`apply_to_collection` doesn't work for cached properties
Motivation
When running apply_to_collection on a dataclass, cached properties do not get modified. This can cause subtle issues: for example, suppose I initialize a dataclass on CPU in a dataworker, and then move it onto GPU for a model batch. All of the dataclass fields that contain Tensors get moved correctly, but the cached_propertys continue to residue on the original device.
Steps to reproduce
import dataclasses
from functools import cached_property
import torch
from lightning_utilities import apply_to_collection
from torch import Tensor
@dataclasses.dataclass
class Data:
a: Tensor
@cached_property
def b(self):
print("*" * 10)
print("Computing and cache prop b")
print("*" * 10)
return self.a * 2
print("*" * 10)
print("Data on CPU")
print("*" * 10)
data = Data(a=torch.tensor([1, 2, 3], device="cuda"))
print(f"{data.a=}")
print(f"{data.a.device=}")
print(f"{data.b=}")
print(f"{data.b=}") # do this a second time to make sure we're caching it
print(f"{data.b.device=}")
print("*" * 10)
print("Move Data to GPU")
print("*" * 10)
new_data = apply_to_collection(data, Tensor, lambda x: x.to("cpu"))
print(f"{new_data.a=}")
print(f"{new_data.a.device=}")
print(f"{new_data.b=}")
print(f"{new_data.b=}") # do this a second time to make sure we're caching it
print(f"{new_data.b.device=}")
Yields the following output:
**********
Start with data on GPU
**********
data.a=tensor([1, 2, 3], device='cuda:0')

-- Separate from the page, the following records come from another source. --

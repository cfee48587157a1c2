//! The fields of the two head records (S-57 Part 3, 7.3).

ghost use Rattle.std.specs.Prelude.{◌≡◌, ◌≤◌, IfOk, codes, count_by, length, not};
ghost use Rattle.s57_types.specs.FieldRows.{dsid_row, dssi_row};
ghost use Rattle.s57_types.specs.RecordFields.{dsid_of_head, dspm_of_head, dssi_of_head, identification_fields, parameter_fields};
ghost use Rattle.s57_types.specs.RecordFields.{field_of as row_field};
ghost use Rattle.cell_spec.specs.Lookup.{all_records};
ghost use Rattle.cell_spec.specs.Writable.{record_limit};
ghost use Rattle.file_spec.specs.EncodedCell.{has_class_from, record_counts};
ghost use Rattle.frame_write.specs.OutFields.{field_of, fields_of};

use crate::number::number_field;
use frame_write::OutField;
use s57_fields::{Dsid, Dspm, Dssi, write_dsid, write_dspm, write_dssi};
use s57_types::{Cell, Duplicate, Head, Rec};
use std::alloc::{AllocError, Global};

/// The exchange purpose EXPP of a new data set.
const NEW: u8 = 1;

/// The data structure DSTR of chain-node topology.
const CHAIN_NODE: u8 = 2;

/// What DSID says of a head.
fn identification(alloc: Global, head: &Head) -> Result<Dsid, AllocError>
    ensures { IfOk result (λ dsid. dsid ≡ dsid_of_head head.now) }
{
    Ok(Dsid {
        rcid: head.dsid_rcid,
        expp: NEW,
        intu: head.intu,
        dsnm: head.dsnm.copy(alloc)?,
        edtn: head.edtn.copy(alloc)?,
        updn: head.updn.copy(alloc)?,
        uadt: head.uadt,
        isdt: head.isdt,
        sted: head.sted,
        prsp: head.prsp,
        psdn: head.psdn.copy(alloc)?,
        pred: head.pred.copy(alloc)?,
        prof: head.prof,
        agen: head.agen,
        comt: head.dsid_comt.copy(alloc)?,
    })
}

/// What DSPM says of a head.
fn parameters(alloc: Global, head: &Head) -> Result<Dspm, AllocError>
    ensures { IfOk result (λ dspm. dspm ≡ dspm_of_head head.now) }
{
    Ok(Dspm {
        rcid: head.dspm_rcid,
        hdat: head.hdat,
        vdat: head.vdat,
        sdat: head.sdat,
        cscl: head.cscl,
        duni: head.duni,
        huni: head.huni,
        puni: head.puni,
        coun: head.coun,
        comf: head.comf,
        somf: head.somf,
        comt: head.dspm_comt.copy(alloc)?,
    })
}

/// Whether a record is a feature of an object class from one code to another.
fn has_class_from(rec: &Rec, low: u16, high: u16) -> bool
    ensures { result ≡ has_class_from low high rec.now }
{
    match rec {
        Rec::V(_) => false,
        Rec::F(feature) => low <= feature.objl && feature.objl <= high,
        Rec::H(_) => false,
    }
}

/// How many records are features of an object class from one code to another.
fn count_classes(records: &[Rec], low: u16, high: u16) -> u32
    requires { length records.now ≤ record_limit }
    ensures { result ≡ count_by (has_class_from low high) records.now }
{
    records
        .iter()
        .filter(|rec| has_class_from(rec, low, high))
        .count() as u32
}

/// How many records aren't features of an object class from one code to another.
fn count_other_classes(records: &[Rec], low: u16, high: u16) -> u32
    requires { length records.now ≤ record_limit }
    ensures { result ≡ count_by (λ rec. not (has_class_from low high rec)) records.now }
{
    records
        .iter()
        .filter(|rec| !has_class_from(rec, low, high))
        .count() as u32
}

/// NOMR, NOCR, NOGR, NOLR, NOIN, NOCN, NOED and NOFA: the numbers of meta, cartographic, geo and collection objects by the
/// codes of their classes, of nodes and of edges. There are no faces.
fn record_counts(cell: &Cell) -> [u32; 8]
    requires { length (all_records cell.now) ≤ record_limit }
    ensures { result ≡ record_counts cell.now }
{
    let features = cell.fe.as_slice();
    [
        count_classes(features, 300, 399),
        count_classes(features, 500, 599),
        count_other_classes(features, 300, 599),
        count_classes(features, 400, 499),
        cell.vi.len() as u32,
        cell.vc.len() as u32,
        cell.ve.len() as u32,
        0,
    ]
}

/// The field DSID.
fn identification_field(alloc: Global, head: &Head) -> Result<OutField, AllocError>
    ensures { IfOk result (λ field. field_of field ≡ row_field (codes "DSID") (dsid_row (dsid_of_head head.now))) }
{
    let dsid = identification(alloc, head)?;
    let mut bytes = Vec::new(alloc);
    write_dsid(alloc, &dsid, &mut bytes)?;
    Ok(OutField {
        tag: *b"DSID",
        bytes,
    })
}

/// The field DSSI with these counts.
fn structure_field(alloc: Global, head: &Head, counts: [u32; 8]) -> Result<OutField, AllocError>
    ensures { IfOk result (λ field. field_of field ≡ row_field (codes "DSSI") (dssi_row (dssi_of_head head.now counts))) }
{
    let dssi = Dssi {
        dstr: CHAIN_NODE,
        aall: head.aall,
        nall: head.nall,
        counts,
    };
    let mut bytes = Vec::new(alloc);
    write_dssi(alloc, &dssi, &mut bytes)?;
    Ok(OutField {
        tag: *b"DSSI",
        bytes,
    })
}

/// The fields of the data set general information record, whose number is 1. The counts are taken from the cell's
/// records.
pub fn identification_fields(alloc: Global, cell: &Cell) -> Result<Vec<OutField>, AllocError>
    requires { length (all_records cell.now) ≤ record_limit }
    ensures { IfOk result (λ fields. fields_of fields.items ≡ identification_fields 1 cell.now.head (record_counts cell.now)) }
{
    let mut fields = Vec::new(alloc);
    fields.push(number_field(alloc, 1, &mut Vec::new(alloc))?)?;
    fields.push(identification_field(alloc, &cell.head)?)?;
    fields.push(structure_field(alloc, &cell.head, record_counts(cell))?)?;
    Ok(fields)
}

/// The fields of the data set geographic reference record, whose number is 2.
pub fn parameter_fields(alloc: Global, head: &Head) -> Result<Vec<OutField>, AllocError>
    ensures { IfOk result (λ fields. fields_of fields.items ≡ parameter_fields 2 head.now) }
{
    let dspm = parameters(alloc, head)?;
    let mut bytes = Vec::new(alloc);
    write_dspm(alloc, &dspm, &mut bytes)?;
    let mut fields = Vec::new(alloc);
    fields.push(number_field(alloc, 2, &mut Vec::new(alloc))?)?;
    fields.push(OutField {
        tag: *b"DSPM",
        bytes,
    })?;
    Ok(fields)
}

data.a.device=device(type='cuda', index=0)
**********
Computing and cache prop b
**********
data.b=tensor([2, 4, 6], device='cuda:0')
data.b=tensor([2, 4, 6], device='cuda:0')
data.b.device=device(type='cuda', index=0)
**********
Move Data to CPU
**********
new_data.a=tensor([1, 2, 3])
new_data.a.device=device(type='cpu')
new_data.b=tensor([2, 4, 6], device='cuda:0')
new_data.b=tensor([2, 4, 6], device='cuda:0')
new_data.b.device=device(type='cuda', index=0)
The Lightning apply_to_collection logic is defined here and relies on dataclass.fields, which doesn't include cached properties
@awaelchli, do you have any experience with this one?
Hey @jackdent
This is a rare use case and I won't have the bandwidth to look into it. We would be grateful for a contribution here if you're interested. The fix is probably to just reset the cache when running apply_to_collection.